Figure 6. Experimental validation of key proteins involved in the inferred signaling pathways.

(A) RPMI 8226 myeloma cells were cultured in the presence or absence of OCs under normoxic condition for 24 h. Cell lysates were collected and subjected to western blot analysis with p-Akt, p-MEK, p-ERK and c-MYC antibodies. (B) Myeloma cells were cultured in the presence OCs under normoxic and hypoxic conditions for 24 h. Myeloma cell lysates were subjected to western blot analysis with the FAK, c-MYC, p53 and fibronectin antibodies.

Figure 7. Simulation of treatment effects by perturbing the inferred cell-specific pathways with combination of PI3K and integrin inhibitors.

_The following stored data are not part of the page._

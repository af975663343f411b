// The schedule of a run: its check, and its turns, one after the other. The contracts cite `run_table` and `run_kinds` of the turn's specs, and
// `check_schedule` and `tally` of specs/Calls.
ghost use Rattle.std.specs.Prelude.{◌≡◌, ◌≤◌};
ghost use Rattle.job.specs.Format.{claims, job_of};
ghost use Rattle.job.specs.Job.{most_claims};
ghost use Rattle.table.specs.Questions.{Listed};
ghost use Rattle.turn.specs.Turn.{run_table, run_kinds};
ghost use Rattle.calls.specs.Calls.{Named, check_schedule, tally as tally_of};
ghost use Rattle.turn.specs.Ready.{Ready};
ghost use Rattle.turn.specs.KeptSet.{SameRoom, Keeps};

use crate::tally;
use job::checks::MOST_CLAIMS;
use job::{Check, ClaimIndex, Job, Refusal};
use table::QuestionIndex;
use turn::HeldSet;
use turn::single::FEW_CLAIMS;

// The turns that the schedule names, and their tally, with room for what is kept from turn to turn.
fn run_in(
    job: &Job,
    index: &ClaimIndex,
    asked: &QuestionIndex,
    table: &mut [u32],
    schedule: &[u8],
    set: &mut HeldSet<'_, '_>,
) -> [u64; 8]
    requires ready { Ready job.now index.now table.old × Listed (job_of job.now) asked.now }
    requires named { Named job.now schedule.now }
    requires keeps { Keeps (job_of job.now) table.old set.old.kept set.old.place.now set.old.members.now }
    ensures value { result ≡ tally_of (run_kinds (job_of job.now) table.old schedule.now) }
    ensures table_after { table.new ≡ run_table (job_of job.now) table.old schedule.now }
    ensures same_room { SameRoom set.old set.new }
{
    let mut counts = [0u64; 8];
    for &worker in schedule {
        let w = usize::from(worker);
        let kind = turn::take_turn(job, index, asked, table, w, set);
        let next = tally::counted(counts, kind);
        counts = next;
    }
    counts
}

// The turns of a run on a job of at most ROOM claims.
fn run_sized<const ROOM: usize>(
    job: &Job,
    index: &ClaimIndex,
    asked: &QuestionIndex,
    table: &mut [u32],
    schedule: &[u8],
) -> [u64; 8]
    requires ready { Ready job.now index.now table.old × Listed (job_of job.now) asked.now }
    requires named { Named job.now schedule.now }
    requires fits { (claims job.now ≤ ROOM) × (ROOM ≤ most_claims) }
    ensures value { result ≡ tally_of (run_kinds (job_of job.now) table.old schedule.now) }
    ensures table_after { table.new ≡ run_table (job_of job.now) table.old schedule.now }
{
    let claims = job.claim_count();
    let mut place = [0u16; ROOM];
    let mut members = [0u16; ROOM];
    let mut set = HeldSet::new(&mut place[..claims], &mut members[..claims]);
    run_in(job, index, asked, table, schedule, &mut set)
}

// The turns that the schedule names, and their tally.
pub fn run_turns(
    job: &Job,
    index: &ClaimIndex,
    asked: &QuestionIndex,
    table: &mut [u32],
    schedule: &[u8],
) -> [u64; 8]
    requires ready { Ready job.now index.now table.old }
    requires listed { Listed (job_of job.now) asked.now }
    requires named { Named job.now schedule.now }
    ensures value { result ≡ tally_of (run_kinds (job_of job.now) table.old schedule.now) }
    ensures table_after { table.new ≡ run_table (job_of job.now) table.old schedule.now }
{
    if job.claim_count() <= FEW_CLAIMS {
        return run_sized::<FEW_CLAIMS>(job, index, asked, table, schedule);
    }
    run_sized::<MOST_CLAIMS>(job, index, asked, table, schedule)
}

// Row 11 of a run: every worker that the schedule names is one of the job's.
pub fn check_schedule(job: &Job, schedule: &[u8]) -> Check
    ensures { result ≡ check_schedule job.now schedule.now }
{
    let workers = job.worker_count();
    match schedule
        .iter()
        .position(|&worker| workers <= usize::from(worker))
    {
        Some(place) => Err(Refusal { number: 11, place }),
        None => Ok(()),
    }
}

The changes of downstream modules were highlighted. (A) Predicted treatment effects of PI3K and integrin inhibitors on OC-mediated myeloma cells-specific pathways in normoxia; (B) Predicted treatment effects of PI3K and integrin inhibitors on OC-mediated myeloma cells-specific pathways in hypoxia.

Figure 8. Five cases of linking patterns of signaling proteins in pathway network topology.

(A) single activation; (B) single inhibition; (C) multiple activations; (D) multiple inhibition; (E) mixed reactions. (A,B) show that, the state of downstream protein is determined by its unique parental node through single reaction of activation/inhibition, respectively; In (C,D) the state of a downstream protein can be changed if at least one of the upstream proteins is up-regulated/down-regulated and others are un-changed. In Fig. 8E, the state of downstream protein might be un-changed (0), up-regulated (1) or down-regulated (−1) if it has the potential of being both up- and down-regulated by its parental nodes, simultaneously.